[TASK GOAL]
In the entries that follow, the line with "Fact::In(Class2::Expr(other), context) if" opens the range and the line with "which are satisfiable." closes it; repeat that range exactly, both lines included.
-- GIVEN RECORDS follows --
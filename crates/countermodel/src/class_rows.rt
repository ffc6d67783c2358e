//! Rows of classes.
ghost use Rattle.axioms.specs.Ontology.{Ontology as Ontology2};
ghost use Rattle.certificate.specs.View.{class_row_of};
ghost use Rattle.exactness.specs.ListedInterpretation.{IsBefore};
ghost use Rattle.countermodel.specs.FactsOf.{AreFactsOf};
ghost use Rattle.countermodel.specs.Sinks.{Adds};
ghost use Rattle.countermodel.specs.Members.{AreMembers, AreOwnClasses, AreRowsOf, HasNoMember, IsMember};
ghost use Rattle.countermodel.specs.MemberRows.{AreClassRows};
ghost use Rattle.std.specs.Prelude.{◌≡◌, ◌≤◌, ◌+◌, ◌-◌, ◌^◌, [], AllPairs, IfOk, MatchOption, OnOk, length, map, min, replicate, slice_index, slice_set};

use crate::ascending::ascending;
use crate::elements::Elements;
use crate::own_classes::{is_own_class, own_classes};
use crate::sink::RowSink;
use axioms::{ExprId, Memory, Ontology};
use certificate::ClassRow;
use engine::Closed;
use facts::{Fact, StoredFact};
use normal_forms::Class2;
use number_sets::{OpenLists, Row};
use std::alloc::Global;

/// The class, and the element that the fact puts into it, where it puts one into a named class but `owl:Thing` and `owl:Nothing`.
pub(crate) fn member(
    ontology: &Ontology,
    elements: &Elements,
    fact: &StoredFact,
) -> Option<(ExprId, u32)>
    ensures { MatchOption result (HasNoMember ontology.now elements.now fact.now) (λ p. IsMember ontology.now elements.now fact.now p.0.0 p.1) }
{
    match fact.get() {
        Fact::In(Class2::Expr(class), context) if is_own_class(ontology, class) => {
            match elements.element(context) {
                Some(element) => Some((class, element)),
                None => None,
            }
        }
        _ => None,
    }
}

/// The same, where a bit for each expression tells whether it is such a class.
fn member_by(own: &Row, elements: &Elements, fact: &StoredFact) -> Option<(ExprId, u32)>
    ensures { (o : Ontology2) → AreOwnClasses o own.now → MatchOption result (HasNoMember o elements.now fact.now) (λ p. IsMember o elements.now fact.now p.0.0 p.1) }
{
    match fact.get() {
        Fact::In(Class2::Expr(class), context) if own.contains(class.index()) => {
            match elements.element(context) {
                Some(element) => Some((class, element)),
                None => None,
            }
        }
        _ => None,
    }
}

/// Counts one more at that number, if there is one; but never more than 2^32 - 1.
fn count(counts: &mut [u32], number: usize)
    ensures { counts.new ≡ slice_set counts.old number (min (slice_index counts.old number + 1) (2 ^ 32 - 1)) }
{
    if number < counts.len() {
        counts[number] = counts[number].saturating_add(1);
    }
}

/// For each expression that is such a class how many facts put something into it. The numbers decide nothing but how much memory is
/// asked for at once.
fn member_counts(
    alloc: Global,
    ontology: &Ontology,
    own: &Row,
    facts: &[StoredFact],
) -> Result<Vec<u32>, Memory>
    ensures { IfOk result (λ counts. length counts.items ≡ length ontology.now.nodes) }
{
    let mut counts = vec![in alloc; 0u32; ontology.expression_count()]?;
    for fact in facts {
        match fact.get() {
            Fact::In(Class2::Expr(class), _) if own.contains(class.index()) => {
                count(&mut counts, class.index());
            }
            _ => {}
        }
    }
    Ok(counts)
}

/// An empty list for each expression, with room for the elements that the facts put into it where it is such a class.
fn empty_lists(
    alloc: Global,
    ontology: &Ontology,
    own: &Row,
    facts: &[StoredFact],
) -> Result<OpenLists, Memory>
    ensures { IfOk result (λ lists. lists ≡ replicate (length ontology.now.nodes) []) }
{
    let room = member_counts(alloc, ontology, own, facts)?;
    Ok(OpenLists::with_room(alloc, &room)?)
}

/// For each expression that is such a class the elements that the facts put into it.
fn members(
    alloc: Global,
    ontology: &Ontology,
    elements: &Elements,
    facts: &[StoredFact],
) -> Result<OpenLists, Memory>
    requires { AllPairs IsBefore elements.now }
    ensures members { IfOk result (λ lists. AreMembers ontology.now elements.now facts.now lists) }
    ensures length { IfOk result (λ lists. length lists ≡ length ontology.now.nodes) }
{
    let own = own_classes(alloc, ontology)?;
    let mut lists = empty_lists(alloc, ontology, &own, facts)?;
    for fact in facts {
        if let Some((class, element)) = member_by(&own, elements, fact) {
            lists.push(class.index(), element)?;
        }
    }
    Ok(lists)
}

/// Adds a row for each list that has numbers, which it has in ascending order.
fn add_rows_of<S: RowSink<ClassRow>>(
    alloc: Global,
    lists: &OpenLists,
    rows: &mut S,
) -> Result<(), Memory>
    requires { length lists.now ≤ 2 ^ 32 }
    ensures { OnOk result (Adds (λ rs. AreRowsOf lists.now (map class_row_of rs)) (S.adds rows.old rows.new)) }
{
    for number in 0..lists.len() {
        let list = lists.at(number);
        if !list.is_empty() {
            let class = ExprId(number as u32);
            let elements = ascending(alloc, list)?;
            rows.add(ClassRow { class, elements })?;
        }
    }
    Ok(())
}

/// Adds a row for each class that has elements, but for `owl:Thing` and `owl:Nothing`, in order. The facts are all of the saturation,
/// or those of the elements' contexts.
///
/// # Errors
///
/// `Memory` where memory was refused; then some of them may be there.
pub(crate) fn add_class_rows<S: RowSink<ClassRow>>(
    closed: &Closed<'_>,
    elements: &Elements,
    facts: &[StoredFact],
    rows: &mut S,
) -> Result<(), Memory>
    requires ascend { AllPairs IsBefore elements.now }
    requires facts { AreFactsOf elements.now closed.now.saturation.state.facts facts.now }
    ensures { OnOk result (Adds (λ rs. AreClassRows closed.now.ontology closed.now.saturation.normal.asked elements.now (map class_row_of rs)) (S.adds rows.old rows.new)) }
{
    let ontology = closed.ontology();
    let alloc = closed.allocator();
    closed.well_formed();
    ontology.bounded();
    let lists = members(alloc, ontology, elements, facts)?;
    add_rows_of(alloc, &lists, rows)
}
-- GIVEN RECORDS concluded --
-- GIVEN RECORDS follows --
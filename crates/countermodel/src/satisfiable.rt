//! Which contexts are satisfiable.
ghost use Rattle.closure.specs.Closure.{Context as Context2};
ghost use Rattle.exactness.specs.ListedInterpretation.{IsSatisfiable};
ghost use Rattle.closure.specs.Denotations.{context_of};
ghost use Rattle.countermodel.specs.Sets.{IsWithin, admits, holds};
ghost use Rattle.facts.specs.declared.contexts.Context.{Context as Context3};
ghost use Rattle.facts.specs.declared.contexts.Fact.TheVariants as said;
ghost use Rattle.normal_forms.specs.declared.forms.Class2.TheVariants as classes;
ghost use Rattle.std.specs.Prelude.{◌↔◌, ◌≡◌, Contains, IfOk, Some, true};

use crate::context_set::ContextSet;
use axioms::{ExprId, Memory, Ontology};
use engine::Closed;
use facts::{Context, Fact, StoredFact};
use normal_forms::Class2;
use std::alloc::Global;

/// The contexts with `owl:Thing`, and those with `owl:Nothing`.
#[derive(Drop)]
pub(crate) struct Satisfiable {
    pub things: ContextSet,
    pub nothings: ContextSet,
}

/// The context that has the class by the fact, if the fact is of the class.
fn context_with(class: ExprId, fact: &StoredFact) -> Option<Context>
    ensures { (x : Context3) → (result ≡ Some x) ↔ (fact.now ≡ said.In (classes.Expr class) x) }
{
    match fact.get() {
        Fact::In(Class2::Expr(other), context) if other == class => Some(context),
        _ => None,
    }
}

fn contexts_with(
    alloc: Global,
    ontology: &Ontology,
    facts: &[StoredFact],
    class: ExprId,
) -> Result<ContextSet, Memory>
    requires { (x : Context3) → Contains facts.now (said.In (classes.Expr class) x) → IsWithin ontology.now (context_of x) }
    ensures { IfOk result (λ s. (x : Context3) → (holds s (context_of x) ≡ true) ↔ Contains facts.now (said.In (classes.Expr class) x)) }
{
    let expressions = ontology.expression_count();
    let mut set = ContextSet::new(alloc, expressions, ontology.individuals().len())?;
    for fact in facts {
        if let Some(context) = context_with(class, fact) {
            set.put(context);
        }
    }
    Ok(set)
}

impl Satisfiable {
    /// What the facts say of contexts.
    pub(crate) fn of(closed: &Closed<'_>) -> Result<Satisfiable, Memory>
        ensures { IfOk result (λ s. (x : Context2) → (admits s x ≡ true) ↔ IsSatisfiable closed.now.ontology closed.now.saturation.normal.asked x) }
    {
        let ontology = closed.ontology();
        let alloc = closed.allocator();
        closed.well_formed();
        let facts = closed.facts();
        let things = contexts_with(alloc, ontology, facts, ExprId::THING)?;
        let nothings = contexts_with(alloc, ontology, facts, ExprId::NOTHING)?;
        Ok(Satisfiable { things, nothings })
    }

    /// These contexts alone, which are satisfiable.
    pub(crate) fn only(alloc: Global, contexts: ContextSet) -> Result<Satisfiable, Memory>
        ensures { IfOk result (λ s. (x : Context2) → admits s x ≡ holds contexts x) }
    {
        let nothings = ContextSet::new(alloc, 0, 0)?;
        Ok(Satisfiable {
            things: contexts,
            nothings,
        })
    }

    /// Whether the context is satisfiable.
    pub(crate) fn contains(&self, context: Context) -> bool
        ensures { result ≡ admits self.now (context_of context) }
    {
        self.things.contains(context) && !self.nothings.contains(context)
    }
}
-- GIVEN RECORDS concluded --
[REPLY]
        Fact::In(Class2::Expr(other), context) if other == class => Some(context),
        _ => None,
    }
}

fn contexts_with(
    alloc: Global,
    ontology: &Ontology,
    facts: &[StoredFact],
    class: ExprId,
) -> Result<ContextSet, Memory>
    requires { (x : Context3) → Contains facts.now (said.In (classes.Expr class) x) → IsWithin ontology.now (context_of x) }
    ensures { IfOk result (λ s. (x : Context3) → (holds s (context_of x) ≡ true) ↔ Contains facts.now (said.In (classes.Expr class) x)) }
{
    let expressions = ontology.expression_count();
    let mut set = ContextSet::new(alloc, expressions, ontology.individuals().len())?;
    for fact in facts {
        if let Some(context) = context_with(class, fact) {
            set.put(context);
        }
    }
    Ok(set)
}

impl Satisfiable {
    /// What the facts say of contexts.
    pub(crate) fn of(closed: &Closed<'_>) -> Result<Satisfiable, Memory>
        ensures { IfOk result (λ s. (x : Context2) → (admits s x ≡ true) ↔ IsSatisfiable closed.now.ontology closed.now.saturation.normal.asked x) }
    {
        let ontology = closed.ontology();
        let alloc = closed.allocator();
        closed.well_formed();
        let facts = closed.facts();
        let things = contexts_with(alloc, ontology, facts, ExprId::THING)?;
        let nothings = contexts_with(alloc, ontology, facts, ExprId::NOTHING)?;
        Ok(Satisfiable { things, nothings })
    }

    /// These contexts alone, which are satisfiable.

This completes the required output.